MASSIVE JUMP IN THE NUMBER OF SOUTH AFRICANS APPLYING TO FINANCIALLY EMIGRATE
With D-Day for overseas tax looming, expats are seeking ways to counter becoming sitting ducks for corner-cutting tax agents coming out of the woodwork for a kill.
South Africans working abroad would pay up to 45% tax on their income if it exceeded a R1 million threshold come March, and this looming D-day has stirred unease among expats.
This has left expats seeking ways to counter becoming sitting ducks for the corner-cutting tax agents coming out of the woodwork for a kill.
Claudia Apicella, head of expatriate tax compliance at Tax Consulting SA, said SA expats have been flooded with conflicting information regarding the amendment, causing uncertainty and panic in their preparations for D-day.
“The cause for this is no doubt linked to the many ‘specialists’ creeping out of the woodwork, so to speak, and offering an array of tax relief processes for South African’s residing abroad. These portray ‘quick fix’ solutions or incorrectly completed processes at exorbitant costs,” she said.
Apicella cautioned that many services being offered to anxious expats regarding tax relief mechanisms were not in line with the requirements of the South African Income Tax Act No 58 of 1962’s two tax-residency tests, those of the South African Revenue Service (Sars) and exchange control regulations of the South African Reserve Bank (Sarb).
She said one of the most common processes being widely punted was financial emigration and that it has become the weapon of choice when offering SA expats tax relief on their foreign income.
Apicella said, however, that if applied for correctly, financial emigration did offer certainty that one has ceased tax residency in SA.
“The key issue here is that the fundamental steps to achieve this are not always adhered to, thus resulting in a process not correctly done which creates tax exposure for SA expats.
“The harsh reality is that many expats are undergoing financial emigration, taking into consideration only the exchange control aspects thereof, and thus not dealing with important tax implications,” she said.

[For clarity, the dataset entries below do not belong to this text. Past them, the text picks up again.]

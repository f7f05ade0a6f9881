//! A kind's name.
ghost use Rattle.std.specs.Prelude.{◌≡◌, ◌≢◌, ◌≤◌, ◌<◌, ℕ, length};
ghost use Rattle.rap_base.specs.Names.{name_of};
ghost use Rattle.rap_c.specs.Filling.{overwritten};

use crate::filler::put_bytes;
use crate::numbers::kind_of;

/// The number of no kind.
const NO_KIND: u32 = 330;

/// The bytes of a kind's name, or none where the number is no kind's.
fn name_bytes(kind: u32) -> &'static [u8]
    ensures { result.now ≡ name_of kind }
{
    match kind_of(kind) {
        Some(kind) => kind.name().as_bytes(),
        None => &[],
    }
}

/// Writes the name of the kind into the slice, as far as it reaches, and returns how many bytes the name has. It has
/// none where the number is no kind's.
#[unsafe(no_mangle)]
pub extern "C" fn rap_kind_name(kind: u32, name: &mut [u8]) -> usize
    ensures count { result ≡ length (name_of kind) }
    ensures written { name.new ≡ overwritten name.old (name_of kind) }
{
    let bytes = name_bytes(kind);
    put_bytes(name, 0, bytes);
    bytes.len()
}

/// Returns the number of the kind with this name, or 330 where no kind has it.
#[unsafe(no_mangle)]
pub extern "C" fn rap_kind_of_name(name: &[u8]) -> u32
    ensures bound { result ≤ 330 }
    ensures named { result < 330 → name_of result ≡ name.now }
    ensures first { (kind : ℕ) → kind < result → name_of kind ≢ name.now }
{
    'kinds: for kind in 0..NO_KIND {
        if name_bytes(kind) == name {
            return kind;
        }
    }
    NO_KIND
}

Tax diagnostic specialist, Nicolas Botha, said the key when undergoing the financial emigration process through an agent was that all compliance steps for the process must be clearly defined to the client.
“From a client perspective, the best first step will be to determine if the provider is offering financial emigration or formal emigration.
“These are often referred to as being the same process. However, this is not the case,” he said.
According to Botha, financial emigration is a two-fold process which included a Sars component dealing with the legal aspects of non-tax residency as well as the formal emigration component dealing with the Sarb aspects of exchange control.
“Formal emigration on its own does not fully deal with the tax aspects.
“The best way to check this is if the company requests you to outsource your tax affairs to a tax practitioner or consultant – meaning they only assist with formal emigration,” Botha said.